C'est une photo terrible. La photo d'un corps en ruine, détruit par une perte de poids extrême. Le corps de Maryse Deraîche, une ex-obèse de 31 ans qui a fait sensation sur le site d'Urbania en posant nue comme une Playmate revenue de l'enfer.

Sur la photo, ses seins autrefois ronds ne sont plus que deux gourdes desséchées, dévitalisées et vides. La peau de ses bras pend tristement sous un ventre distendu qui ressemble à un tablier en papier de verre. Même si la chirurgie bariatrique lui a fait perdre 205 livres, la fille a l'air triste et sa chair, encore davantage.

La photo est d'autant plus choquante qu'elle arrive après deux autres photos où, entièrement vêtue, Maryse Deraîche pose avec son joli minois aux cheveux blonds, sa taille de guêpe et ses belles courbes féminines.
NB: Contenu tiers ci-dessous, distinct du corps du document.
//! Tests of calls that read a set. The expected values are worked out by hand, or, for random sets,
//! by plain loops.

ghost use Rattle.bittle.specs.Values.{ShapeFits};

use crate::calls::{counts, counts_in, ends, ranks, ranks_in, selected, selected_in, stand};
use crate::checks::same;
use bittle::prelude::*;
use bittle::{Endian, LittleEndian, Set};
use bittle_ext::prelude::*;
use std::process::Abort;

#[test]
fn ends_of_a_word(rt: HostRuntime) {
    same!(rt; ends(&0b0010_0010u8), [Some(1), Some(5), Some(0), Some(7)]);
    same!(rt; ends(&0u8), [None, None, Some(0), Some(7)]);
    same!(rt; ends(&255u8), [Some(0), Some(7), None, None]);
    same!(rt; ends(&-1i8), [Some(0), Some(7), None, None]);
    same!(rt; ends(&i128::MIN), [Some(127), Some(127), Some(0), Some(126)]);
}

#[test]
fn ends_of_longer_shapes(rt: HostRuntime) {
    let row: [u16; 3] = [0, 0x0180, 0];
    same!(rt; ends(&row), [Some(23), Some(24), Some(0), Some(47)]);
    let nested: [[u8; 2]; 2] = [[255, 255], [255, 127]];
    same!(rt; ends(&nested), [Some(0), Some(30), Some(31), Some(31)]);
    let set = Set::new_le(0b0010_0010u8);
    same!(rt; ends(&set), [Some(2), Some(6), Some(0), Some(7)]);
    let none: [u8; 0] = [];
    same!(rt; ends(&none), [None; 4]);
}

/// Returns the first set bit at or after `index` and the last set bit before `index`. Then returns
/// the first unset bit at or after `index` and the last unset bit before `index`.
fn neighbours<B: Bits>(set: &B, index: u32) -> [Option<u32>; 4]
    requires { ShapeFits B.Shape set.now }
{
    [
        set.next_one(index),
        set.prev_one(index),
        set.next_zero(index),
        set.prev_zero(index),
    ]
}

#[test]
fn neighbours_in_a_word(rt: HostRuntime) {
    let word = 0b0010_0010u8;
    same!(rt; neighbours(&word, 1), [Some(1), None, Some(2), Some(0)]);
    same!(rt; neighbours(&word, 2), [Some(5), Some(1), Some(2), Some(0)]);
    same!(rt; neighbours(&word, 5), [Some(5), Some(1), Some(6), Some(4)]);
    same!(rt; neighbours(&word, 6), [None, Some(5), Some(6), Some(4)]);
    same!(rt; neighbours(&word, u32::MAX), [None, Some(5), None, Some(7)]);
}

#[test]
fn neighbours_from_the_left(rt: HostRuntime) {
    // In little-endian order, bits 2 and 6 are set.
    let view = 0b0010_0010u8.in_order::<LittleEndian>();
    same!(rt; neighbours(&view, 3), [Some(6), Some(2), Some(3), Some(1)]);
    same!(rt; neighbours(&view, 6), [Some(6), Some(2), Some(7), Some(5)]);
}

#[test]
fn neighbours_in_no_word(rt: HostRuntime) {
    let none: [u32; 0] = [];
    same!(rt; neighbours(&none, 0), [None; 4]);
    same!(rt; neighbours(&none, 7), [None; 4]);
}

#[test]
fn ranks_and_selection(rt: HostRuntime) {
    let row: [u64; 3] = [u64::MAX, 0, 0b1011];
    same!(rt; ranks(&row, [0, 63, 64, 128, 130, 9999]), [0, 63, 64, 64, 66, 67]);
    same!(rt; selected(&row, [0, 63, 64]), [Some(0), Some(63), Some(128)]);
    same!(rt; selected(&row, [65, 66]), [Some(129), Some(131)]);
    same!(rt; selected(&row, [67, u32::MAX]), [None, None]);
    let none: [u8; 0] = [];
    same!(rt; (ranks(&none, [3]), selected(&none, [0])), ([0], [None]));
}

#[test]
fn ranks_from_the_left(rt: HostRuntime) {
    // In little-endian order, bits 0, 1, 7 and 15 are set.
    let row: [u8; 2] = [0b1100_0001, 0b0000_0001];
    same!(rt; ranks_in::<_, LittleEndian, 2>(&row, [7, 15]), [2, 3]);
    let bits = selected_in::<_, LittleEndian, 3>(&row, [2, 3, 4]);
    same!(rt; bits, [Some(7), Some(15), None]);
    let least = selected_in::<_, LittleEndian, 1>(&i8::MIN, [0]);
    same!(rt; (least, selected(&i8::MIN, [0])), ([Some(0)], [Some(7)]));
}

/// Counts the set bits and the unset bits of a range.
fn counted<B: Bits>(set: &B, from: u32, to: u32) -> (u32, u32)
    requires { ShapeFits B.Shape set.now }
{
    (
        set.count_ones_in_range(from, to),
        set.count_zeros_in_range(from, to),
    )
}

/// Calls `counted` on a set in the order `E`.
fn counted_in<B: Bits, E: Endian>(set: &B, from: u32, to: u32) -> (u32, u32)
    requires { ShapeFits B.Shape set.now }
{
    counted(&set.in_order::<E>(), from, to)
}

#[test]
fn counts_of_ranges(rt: HostRuntime) {
    // Bits 12 to 19 are set.
    let row: [u16; 2] = [0xF000, 0x000F];
    same!(rt; counted(&row, 12, 20), (8, 0));
    same!(rt; counted(&row, 13, 18), (5, 0));
    same!(rt; counted(&row, 0, 32), (8, 24));
    same!(rt; counted(&row, 10, 14), (2, 2));
    same!(rt; (counted(&row, 7, 7), counted(&row, 32, 32)), ((0, 0), (0, 0)));
    same!(rt; counted_in::<_, LittleEndian>(&row, 0, 4), (4, 0));
}

/// Returns where the first run of `length` set bits begins, and where the first run of `length`
/// unset bits begins.
fn first_runs<B: Bits>(set: &B, length: u32) -> [Option<u32>; 2]
    requires { ShapeFits B.Shape set.now }
{
    [set.first_one_run(length), set.first_zero_run(length)]
}

#[test]
fn first_runs_of_a_word(rt: HostRuntime) {
    // Bits 1 to 3, 5, 6, 8, 9, 11 and 12 are unset.
    let pages = 0b1110_0100_1001_0001u16;
    same!(rt; first_runs(&pages, 0), [Some(0), Some(0)]);
    same!(rt; first_runs(&pages, 1), [Some(0), Some(1)]);
    same!(rt; first_runs(&pages, 3), [Some(13), Some(1)]);
    same!(rt; first_runs(&pages, 4), [None, None]);
}

/// Returns the bits of `N` bytes as flags, by a loop over the bits. The flags past the bytes are
/// `false`.
fn plain<const N: usize>(words: &[u8; N]) -> [bool; 64] {
    let mut bits = [false; 64];
    for k in 0..64usize {
        if k / 8 < N && words[k / 8] >> (k % 8) & 1 == 1 {
            bits[k] = true;
        }
    }
    bits
}

/// Returns the next pseudo-random number.
fn step(state: u64) -> u64 {
    state
        .wrapping_mul(6364136223846793005)
        .wrapping_add(1442695040888963407)
}

/// Counts the set bits below `end` one by one.
fn plain_rank(bits: &[bool; 64], end: u32) -> u32 {
    let mut count = 0u32;
    for k in 0..64usize {
        if (k as u32) < end && bits[k] {
            count = count.saturating_add(1);
        }
    }
    count
}

/// Tests the bits one by one, and returns the first index at or after `from` whose bit is `value`.
fn plain_next(bits: &[bool; 64], from: u32, value: bool) -> Option<u32> {
    for k in 0..64usize {
        if from <= k as u32 && bits[k] == value {
            return Some(k as u32);
        }
    }
    None
}

/// Tests the bits one by one, and returns the last index below `to` whose bit is `value`.
fn plain_prev(bits: &[bool; 64], to: u32, value: bool) -> Option<u32> {
    let mut found = None;
    for k in 0..64usize {
        if (k as u32) < to && bits[k] == value {
            found = Some(k as u32);
        }
    }
    found
}

/// Checks that the calls on a set of 64 bits return what `plain_next`, `plain_prev` and
/// `plain_rank` return for the bits of the set.
fn read_as_plain<B: Bits>(rt: &impl Abort, set: &B, bits: &[bool; 64], from: u32)
    requires { ShapeFits B.Shape set.now }
{
    let around = [
        plain_next(bits, from, true),
        plain_prev(bits, from, true),
        plain_next(bits, from, false),
        plain_prev(bits, from, false),
    ];
    same!(*rt; neighbours(set, from), around);
    same!(*rt; set.rank(from), plain_rank(bits, from));
    if let Some(index) = around[0] {
        same!(*rt; set.select(plain_rank(bits, index)), Some(index));
    }
}

#[test]
fn random_rows_are_read_as_plain_arrays(rt: HostRuntime) {
    let mut state = 1u64;
    for round in 0..2000u32 {
        state = step(state);
        let dense = state >> 8;
        state = step(state);
        let word = if round % 3 == 0 {
            dense
        } else {
            dense & (state >> 4) | dense << 40
        };
        let row = word.to_le_bytes();
        let bits = plain(&row);
        state = step(state);
        let from = (state >> 33) as u32 % 70;
        read_as_plain(&rt, &row, &bits, from);
        read_as_plain(&rt, &word, &bits, from);
    }
}

#[test]
fn relations_of_two_shapes(rt: HostRuntime) {
    let row: [u8; 8] = [0b0110, 0, 0, 0, 0, 0, 0, 1];
    // The members of `row` are 1, 2 and 56. Each line says whether the first set is a subset of the
    // second, is a superset of it, is disjoint from it, and intersects it. Then come the first
    // common member, and the first member that only the first set has.
    same!(rt; stand(&0b0110u64, &row), ([true, false, false, true], [Some(1), None]));
    same!(rt; stand(&0b0111u64, &row), ([false, false, false, true], [Some(1), Some(0)]));
    same!(rt; stand(&0b1001u64, &row), ([false, false, true, false], [None, Some(0)]));
    same!(rt; stand(&row, &6u8), ([false, true, false, true], [Some(1), Some(56)]));
    same!(rt; stand(&row, &0b1100u16), ([false, false, false, true], [Some(2), Some(1)]));
    same!(rt; stand(&6u8, &row), ([true, false, false, true], [Some(1), None]));
    same!(rt; stand(&0b1110u32, &row), ([false, false, false, true], [Some(1), Some(3)]));
}

#[test]
fn relations_of_like_words(rt: HostRuntime) {
    let long: [u32; 3] = [1, 0, 1];
    let short: [u32; 2] = [1, 0];
    // Each line says whether the first set is a subset of the second, is a superset of it, is
    // disjoint from it, and intersects it. Then come the first common member, and the first member
    // that only the first set has.
    same!(rt; stand(&short, &long), ([true, false, false, true], [Some(0), None]));
    same!(rt; stand(&long, &short), ([false, true, false, true], [Some(0), Some(64)]));
    let other: [u32; 1] = [2];
    same!(rt; stand(&long, &other), ([false, false, true, false], [None, Some(0)]));
}

#[test]
fn relations_in_two_orders(rt: HostRuntime) {
    // In little-endian order, `first` has the member 0, and `second` has the members 1 and 7.
    let (first, second) = (Set::new_le(0x80u8), Set::new_le(0x41u8));
    same!(rt; stand(&first, &1u16), ([true, true, false, true], [Some(0), None]));
    same!(rt; stand(&1u16, &first), ([true, true, false, true], [Some(0), None]));
    same!(rt; stand(&second, &0xFFu8), ([true, false, false, true], [Some(1), None]));
    same!(rt; stand(&second, &0x02u8), ([false, true, false, true], [Some(1), Some(7)]));
}

#[test]
fn relations_of_no_capacity(rt: HostRuntime) {
    let none: [u8; 0] = [];
    let within = ([true, false, true, false], [None, None]);
    same!(rt; (stand(&none, &5u8), stand(&none, &5u32)), (within, within));
    let around = ([false, true, true, false], [None, Some(0)]);
    same!(rt; (stand(&5u8, &none), stand(&5u32, &none)), (around, around));
    same!(rt; stand(&none, &none), ([true, true, true, false], [None, None]));
}

/// Returns the first common member of two sets, and the first member that only the first set has.
/// Finds them by a loop over all indexes.
fn plain_firsts(ours: &[bool; 64], theirs: &[bool; 64]) -> [Option<u32>; 2] {
    let mut common = None;
    let mut alone = None;
    for k in (0..64usize).rev() {
        if ours[k] && theirs[k] {
            common = Some(k as u32);
        }
        if ours[k] && !theirs[k] {
            alone = Some(k as u32);
        }
    }
    [common, alone]
}

/// Checks what `stand` returns for two sets. `expected` is what `plain_firsts` returns for them.
fn stand_as_plain<A: Bits, B: Bits>(rt: &impl Abort, one: &A, other: &B, expected: [Option<u32>; 2])
    requires one_fits { ShapeFits A.Shape one.now }
    requires other_fits { ShapeFits B.Shape other.now }
{
    let [common, alone] = expected;
    let ([is_subset, _, is_disjoint, intersects], firsts) = stand(one, other);
    let relations = [alone.is_none(), common.is_none(), common.is_some()];
    same!(*rt; ([is_subset, is_disjoint, intersects], firsts), (relations, expected));
}

#[test]
fn random_rows_stand_as_plain_arrays_do(rt: HostRuntime) {
    let mut state = 7u64;
    for round in 0..1000u32 {
        state = step(state);
        let first = state & (state >> 13) & (state << 7);
        state = step(state);
        let second = if round % 4 == 0 {
            first | state
        } else {
            state & (state >> 11)
        };
        let row = second.to_le_bytes();
        let ours = plain(&first.to_le_bytes());
        let theirs = plain(&row);
        let expected = plain_firsts(&ours, &theirs);
        stand_as_plain(&rt, &first, &second, expected);
        stand_as_plain(&rt, &first, &row, expected);
    }
}

#[test]
fn counts_of_two_sets(rt: HostRuntime) {
    let row: [u8; 8] = [0b0110, 0, 0, 0, 0, 0, 0, 1];
    same!(rt; counts(&row, &0b1100u16), [1, 2, 3]);
    same!(rt; counts(&0b1100u16, &row), [1, 1, 3]);
    let long: [u32; 3] = [3, 0, 1];
    let short: [u32; 2] = [6, 8];
    same!(rt; counts(&long, &short), [1, 2, 4]);
    same!(rt; counts(&short, &long), [1, 2, 4]);
}

#[test]
fn counts_in_each_order(rt: HostRuntime) {
    // In little-endian order, 0x81 has the members 0 and 7, 0x8000 has 0, and 0x8001 has 0 and 15.
    same!(rt; counts_in::<u8, u16, LittleEndian>(&0x81, &0x8000), [1, 1, 1]);
    same!(rt; counts_in::<u8, u16, LittleEndian>(&0x81, &0x8001), [1, 1, 2]);
    same!(rt; counts(&Set::new_le(0xC0u8), &3u8), [2, 0, 0]);
    let none: [u8; 0] = [];
    same!(rt; counts(&none, &7u8), [0, 0, 3]);
}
Pas une seconde on ne peut deviner, voire imaginer, la dévastation physique sous ses vêtements.

La photo a fait sensation et a récolté un nombre record de clics sur le site d'Urbania. Idem pour le texte très dénonciateur dans lequel Maryse se porte à la défense des obèses tout en exprimant, avec une certaine ambivalence, son sentiment de vivre un mensonge: belle de l'extérieur, détruite à l'intérieur.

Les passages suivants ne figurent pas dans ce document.